Example 10: Studies on the effects of deuterated ambroxol on lysosomal, autophagosomal and TFEB gene expression

[189] The effects of deuterated ambroxol on lysosomal, autophagosomal and TFEB gene expression were investigated and the results are provided in Figure 7. Mouse Neuroblastoma (N2A) cells were treated for 3 days with solvent alone (DMSO), ambroxol or deuterated ambroxol Compound Di or D2 at 10 microMolar. Cells were extracted and mRNAs were quantitated by qPCR.

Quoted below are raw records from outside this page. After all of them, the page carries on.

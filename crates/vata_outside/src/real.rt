//! The system's files and writers. What they hand on is what the file or the writer below says of its bytes.

ghost use Rattle.std.specs.Prelude.{◌≡◌, ◌⊎◌, ◌<◌, ◌≤◌, [], length, IfOk, OnErr, OnOk, None, Some, Ok, false, is_ok};
ghost use Rattle.std.specs.Io.{ReadsAtMost};
ghost use Rattle.std.specs.Io.KnownBytes.{IsAtEnd, ReadConsumes, WriteAppends};
ghost use Rattle.vata_outside.specs.Outside.{HasCause, IsMissing, IsNoneAtEnd, Rose, Selects, count_after};

use crate::faults::fault;
use crate::outside::{Failed, Files, Sink};
use std::fs::File;
use std::io::{Read, Write};
use std::marker::Model;
use std::rt::Files as SystemFiles;

/// The system's files, of which at most one is open. With none selected a read gives 0.
pub struct RealFiles<'a, R: SystemFiles> {
    rt: &'a R,
    selected: Option<R::File>,
    faults: u64,
}

impl<'a, R: SystemFiles> Model for RealFiles<'a, R> {
    ghost use Rattle.std.specs.Prelude.{is_some};
    ghost use Rattle.vata_outside.specs.Real.{RealState, left_of};

    ghost Value = { RealState };

    ghost view = { λ s. record {
      faults = s.faults;
      is_selected = is_some s.selected;
      left = left_of R.File.remaining s.selected;
    } };
}

impl<'a, R: SystemFiles> RealFiles<'a, R> {
    /// No file selected, and no fault so far.
    pub fn new(rt: &'a R) -> RealFiles<'a, R>
        ensures { result ≡ record { faults = 0; is_selected = false; left = Some [] } }
    {
        RealFiles {
            rt,
            selected: None,
            faults: 0,
        }
    }
}

impl<'a, R: SystemFiles> Drop for RealFiles<'a, R> {
    fn drop(self) {
        let RealFiles {
            rt: _,
            selected: _,
            faults: _,
        } = self;
    }
}

impl<'a, R: SystemFiles> Files for RealFiles<'a, R> {
    ghost files = { λ _. None };

    ghost left = { λ _. None };

    ghost faults = { λ s. s.faults };

    fn select(&mut self, name: &str) -> Result<(), Failed>
        ensures ok { OnOk result (Selects None name.now None) }
        ensures err { OnErr result (IsAtEnd None) }
        ensures later { self.old.faults ≤ self.new.faults }
        ensures cause { OnErr result (Rose self.old.faults self.new.faults ⊎ IsMissing None name.now) }
        // A fault is counted exactly where the call fails, and then no file is selected.
        ensures count { self.new.faults ≡ count_after result self.old.faults }
        ensures selected { self.new.is_selected ≡ is_ok result }
        ensures none { OnErr result (self.new.left ≡ Some []) }
    {
        self.selected = None;
        match File::open(self.rt, name) {
            Ok(file) => {
                self.selected = Some(file);
                Ok(())
            }
            Err(_) => Err(fault(&mut self.faults)),
        }
    }

    fn read(&mut self, buf: &mut [u8]) -> Result<usize, Failed>
        ensures bound { ReadsAtMost result buf.new }
        ensures bytes { ReadConsumes None None result buf.new }
        ensures end { IfOk result (IsNoneAtEnd None) }
        ensures cause { HasCause self.old.faults self.new.faults result }
        // A fault is counted exactly where the call fails, and with no file a read gives 0.
        ensures count { self.new.faults ≡ count_after result self.old.faults }
        ensures selected { self.new.is_selected ≡ self.old.is_selected }
        ensures none { self.old.is_selected ≡ false → result ≡ Ok 0 }
        // What is read are the next bytes of the file, where it tells them, and none only at its end.
        ensures taken { ReadConsumes self.old.left self.new.left result buf.new }
    {
        match &mut self.selected {
            None => Ok(0),
            Some(file) => read_counted(file, &mut self.faults, buf),
        }
    }
}

/// Standard output, or another writer.
#[derive(Drop)]
pub struct RealOut<W: Write> {
    out: W,
    faults: u64,
}

/// Standard error, or another writer.
#[derive(Drop)]
pub struct RealErr<W: Write> {
    err: W,
    faults: u64,
}

impl<W: Write> Model for RealOut<W> {
    ghost use Rattle.vata_outside.specs.Real.{RealWriter};

    ghost Value = { RealWriter };

    ghost view = { λ s. record { faults = s.faults; contents = W.contents s.out } };
}

impl<W: Write> Model for RealErr<W> {
    ghost use Rattle.vata_outside.specs.Real.{RealWriter};

    ghost Value = { RealWriter };

    ghost view = { λ s. record { faults = s.faults; contents = W.contents s.err } };
}

impl<W: Write> RealOut<W> {
    /// No fault so far.
    pub fn new(out: W) -> RealOut<W>
        ensures { result ≡ record { faults = 0; contents = W.contents out } }
    {
        RealOut { out, faults: 0 }
    }
}

impl<W: Write> RealErr<W> {
    /// No fault so far.
    pub fn new(err: W) -> RealErr<W>
        ensures { result ≡ record { faults = 0; contents = W.contents err } }
    {
        RealErr { err, faults: 0 }
    }
}

impl<W: Write> Sink for RealOut<W> {
    ghost written = { λ _. None };

    ghost faults = { λ s. s.faults };

    fn write(&mut self, piece: &[u8]) -> Result<usize, Failed>
        ensures some { IfOk result (λ n. 0 < n) }
        ensures bound { IfOk result (λ n. n ≤ length piece.now) }
        ensures cause { HasCause self.old.faults self.new.faults result }
        ensures count { self.new.faults ≡ count_after result self.old.faults }
        // As many bytes as are told reached the writer, where it tells what it holds, and on a fault none.
        ensures reached { WriteAppends self.old.contents self.new.contents result piece.now }
    {
        write_counted(&mut self.out, &mut self.faults, piece)
    }
}

impl<W: Write> Sink for RealErr<W> {
    ghost written = { λ _. None };

    ghost faults = { λ s. s.faults };

    fn write(&mut self, piece: &[u8]) -> Result<usize, Failed>
        ensures some { IfOk result (λ n. 0 < n) }
        ensures bound { IfOk result (λ n. n ≤ length piece.now) }
        ensures cause { HasCause self.old.faults self.new.faults result }
        ensures count { self.new.faults ≡ count_after result self.old.faults }
        // As many bytes as are told reached the writer, where it tells what it holds, and on a fault none.
        ensures reached { WriteAppends self.old.contents self.new.contents result piece.now }
    {
        write_counted(&mut self.err, &mut self.faults, piece)
    }
}

/// One read. An error counts as a fault.
fn read_counted<R: Read>(from: &mut R, faults: &mut u64, buf: &mut [u8]) -> Result<usize, Failed>
    ensures bound { ReadsAtMost result buf.new }
    ensures bytes { ReadConsumes (R.remaining from.old) (R.remaining from.new) result buf.new }
    ensures cause { HasCause faults.old faults.new result }
    ensures count { faults.new ≡ count_after result faults.old }
{
    match from.read(buf) {
        Ok(count) => Ok(count),
        Err(_) => Err(fault(faults)),
    }
}

/// One write. An error counts as a fault, and so does a write that takes nothing.
fn write_counted<W: Write>(to: &mut W, faults: &mut u64, piece: &[u8]) -> Result<usize, Failed>
    ensures some { IfOk result (λ n. 0 < n) }
    ensures bound { IfOk result (λ n. n ≤ length piece.now) }
    ensures bytes { WriteAppends (W.contents to.old) (W.contents to.new) result piece.now }
    ensures cause { HasCause faults.old faults.new result }
    ensures count { faults.new ≡ count_after result faults.old }
{
    match to.write(piece) {
        Ok(count) if count > 0 => Ok(count),
        _ => Err(fault(faults)),
    }
}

[190] The data obtained in Examples 9 and 10 show or indicate that:

• The cells all grow in the presence of the compounds

• All the compounds increase lysosomal size in human neurons, and in human neurons bearing an Alzheimer’s disease-causing mutation

• It may be inferred from this that lysosomal genes in general, and not just beta- glucocerebrosidase (UniProt Entry P04062) (“GBA”) function is improved

• All the compounds increase the amount of lysosomal and autophagosomal gene expression, and TFEB expression

• Some of these increases are substantial improvements over the original ambroxol compound.

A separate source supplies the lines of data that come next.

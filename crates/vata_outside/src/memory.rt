//! Files and a sink in memory, which fail at the calls that they are told.

ghost use Rattle.std.specs.Prelude.{◌≡◌, ◌⊎◌, ◌<◌, ◌≤◌, ◌↔◌, ◌++◌, ◌∷◌, [], List, ℕ, length, Some, None, IfOk, OnErr, OnOk, IsErr, IsTrue, is_err};
ghost use Rattle.std.specs.Io.{ReadsAtMost};
ghost use Rattle.std.specs.Io.KnownBytes.{IsAtEnd, ReadConsumes, WriteAppends};
ghost use Rattle.vata_outside.specs.Outside.{HasCause, IsMissing, IsNoneAtEnd, Rose, Selects, bytes_of};
ghost use Rattle.vata_outside.specs.Memory.{after_call, after_write, is_failing, new_files, new_sink, read_count, write_count};

use crate::faults::{fails_next, fault};
use crate::held::{Held, place_of, rest_of};
use crate::outside::{Failed, Files, Sink};
use std::alloc::{AllocError, Global};
use std::marker::Model;

/// Files in memory. Calls of `select` and `read` are numbered together from 1, and fail where their
/// number is among those given, or where a name to select isn't there.
#[derive(Drop)]
pub struct MemFiles {
    alloc: Global,
    held: Vec<Held>,
    selected: Option<usize>,
    at: usize,
    chunk: usize,
    failing: Vec<u64>,
    calls: u64,
    faults: u64,
}

impl Model for MemFiles {
    ghost use Rattle.std.specs.Prelude.{◌<◌, length, map};
    ghost use Rattle.vata_outside.specs.Memory.{MemoryFiles};
    ghost use Rattle.vata_outside.specs.Held.{IsHeldPlace, file_of, left_from, selected_of};

    ghost Value = { MemoryFiles };

    ghost view = { λ s. record {
      files = map file_of s.held.items;
      left = left_from s.at (selected_of s.held.items s.selected);
      chunk = s.chunk;
      failing = s.failing.items;
      calls = s.calls;
      faults = s.faults;
    } };

    ghost invariant = { λ s. (0 < s.chunk) × IsHeldPlace s.held.items s.selected };
}

impl MemFiles {
    /// No files. One read gives at most `chunk` bytes. Takes no memory.
    pub fn new(alloc: Global, chunk: usize, failing: Vec<u64>) -> MemFiles
        requires { 0 < chunk }
        ensures { result ≡ new_files chunk failing.items }
    {
        MemFiles {
            alloc,
            held: Vec::new(alloc),
            selected: None,
            at: 0,
            chunk,
            failing,
            calls: 0,
            faults: 0,
        }
    }

    /// Adds a file of a new name.
    pub fn add(&mut self, name: &str, bytes: &[u8]) -> Result<(), AllocError>
        requires { bytes_of name.now self.old.files ≡ None }
        ensures ok { OnOk result
            (self.new ≡ record self.old { files = self.old.files ++ (name.now, bytes.now) ∷ [] }) }
        ensures err { OnErr result (self.new ≡ self.old) }
    {
        let name = String::from_str(self.alloc, name)?;
        let bytes = Vec::from_slice(self.alloc, bytes)?;
        self.held.push(Held { name, bytes })?;
        Ok(())
    }
}

/// A sink in memory. Its calls are numbered from 1, and fail where their number is among those given,
/// and where no room is left.
#[derive(Drop)]
pub struct MemSink {
    written: Vec<u8>,
    room: usize,
    chunk: usize,
    failing: Vec<u64>,
    calls: u64,
    faults: u64,
}

impl Model for MemSink {
    ghost use Rattle.std.specs.Prelude.{◌<◌, ◌≤◌, vec_len, vec_capacity};
    ghost use Rattle.vata_outside.specs.Memory.{MemorySink};

    ghost Value = { MemorySink };

    ghost view = { λ s. record {
      written = s.written.items;
      room = s.room;
      chunk = s.chunk;
      failing = s.failing.items;
      calls = s.calls;
      faults = s.faults;
    } };

    ghost invariant = { λ s. (0 < s.chunk) × (vec_len s.written ≤ s.room) × (s.room ≤ vec_capacity s.written) };
}

impl MemSink {
    /// An empty sink that holds at most `room` bytes, of which one write takes at most `chunk`. Takes all
    /// its memory at once.
    pub fn new(
        alloc: Global,
        room: usize,
        chunk: usize,
        failing: Vec<u64>,
    ) -> Result<MemSink, AllocError>
        requires { 0 < chunk }
        ensures { IfOk result (λ s. s ≡ new_sink room chunk failing.items) }
    {
        Ok(MemSink {
            written: Vec::with_capacity(alloc, room)?,
            room,
            chunk,
            failing,
            calls: 0,
            faults: 0,
        })
    }

    /// What was written.
    pub fn bytes(&self) -> &[u8]
        ensures value { result.now ≡ self.now.written }
        ensures fits { length result.now ≤ self.now.room }
    {
        self.written.as_slice()
    }
}

impl Files for MemFiles {
    ghost files = { λ s. Some s.files };

    ghost left = { λ s. Some s.left };

    ghost faults = { λ s. s.faults };

    fn select(&mut self, name: &str) -> Result<(), Failed>
        ensures same { Some self.new.files ≡ Some self.old.files }
        ensures ok { OnOk result (Selects (Some self.old.files) name.now (Some self.new.left)) }
        ensures err { OnErr result (self.new.left ≡ []) }
        ensures later { self.old.faults ≤ self.new.faults }
        ensures cause { OnErr result (Rose self.old.faults self.new.faults
            ⊎ IsMissing (Some self.old.files) name.now) }
        // Which calls fail, and what else a call changes.
        ensures fails { IsErr result ↔ (IsTrue (is_failing self.old.failing self.old.calls)
            ⊎ (bytes_of name.now self.old.files ≡ None)) }
        ensures rest { self.new ≡ after_call self.old self.new.left }
    {
        let fails = fails_next(&mut self.calls, &self.failing);
        self.selected = None;
        if fails {
            return Err(fault(&mut self.faults));
        }
        let Some(place) = place_of(&self.held, name) else {
            return Err(Failed);
        };
        self.selected = Some(place);
        self.at = 0;
        Ok(())
    }

    fn read(&mut self, buf: &mut [u8]) -> Result<usize, Failed>
        requires { 0 < length buf.old }
        ensures same { Some self.new.files ≡ Some self.old.files }
        ensures bound { ReadsAtMost result buf.new }
        ensures bytes { ReadConsumes (Some self.old.left) (Some self.new.left) result buf.new }
        ensures end { IfOk result (IsNoneAtEnd (Some self.old.left)) }
        ensures cause { HasCause self.old.faults self.new.faults result }
        // Which calls fail, how much the others read, and what else a call changes.
        ensures fails { IsErr result ↔ IsTrue (is_failing self.old.failing self.old.calls) }
        ensures amount { IfOk result (λ n. n ≡ read_count self.old (length buf.old)) }
        ensures rest { self.new ≡ after_call self.old self.new.left }
    {
        if fails_next(&mut self.calls, &self.failing) {
            return Err(fault(&mut self.faults));
        }
        let left = rest_of(&self.held, self.selected, self.at);
        let count = left.len().min(buf.len()).min(self.chunk);
        let (front, _) = left.split_at(count);
        buf[..count].copy_from_slice(front);
        self.at += count;
        Ok(count)
    }
}

impl Sink for MemSink {
    ghost written = { λ s. Some s.written };

    ghost faults = { λ s. s.faults };

    fn write(&mut self, piece: &[u8]) -> Result<usize, Failed>
        requires { 0 < length piece.now }
        ensures some { IfOk result (λ n. 0 < n) }
        ensures bound { IfOk result (λ n. n ≤ length piece.now) }
        ensures bytes { WriteAppends (Some self.old.written) (Some self.new.written) result piece.now }
        ensures cause { HasCause self.old.faults self.new.faults result }
        // Which calls fail, how much the others take, and what else a call changes.
        ensures fails { IsErr result ↔ (IsTrue (is_failing self.old.failing self.old.calls)
            ⊎ (self.old.room ≤ length self.old.written)) }
        ensures amount { IfOk result (λ n. n ≡ write_count self.old (length piece.now)) }
        ensures rest { self.new ≡ after_write self.old (is_err result) self.new.written }
    {
        let fails = fails_next(&mut self.calls, &self.failing);
        let count = piece
            .len()
            .min(self.chunk)
            .min(self.room - self.written.len());
        if fails || count == 0 {
            return Err(fault(&mut self.faults));
        }
        let (front, _) = piece.split_at(count);
        // There is room, so this takes no memory and can't fail.
        if self.written.extend_from_slice(front).is_err() {
            return Err(fault(&mut self.faults));
        }
        Ok(count)
    }
}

[170] The disclosures of each and every patent, patent application, and publication cited herein are hereby incorporated herein by reference in their entirety.

[171] While the invention has been disclosed with reference to specific embodiments, it is apparent that other embodiments and variations of this invention may be devised by those skilled in the art without departing from the true spirit and scope of the invention. The appended claims are intended to be construed to include all such embodiments and equivalent variations.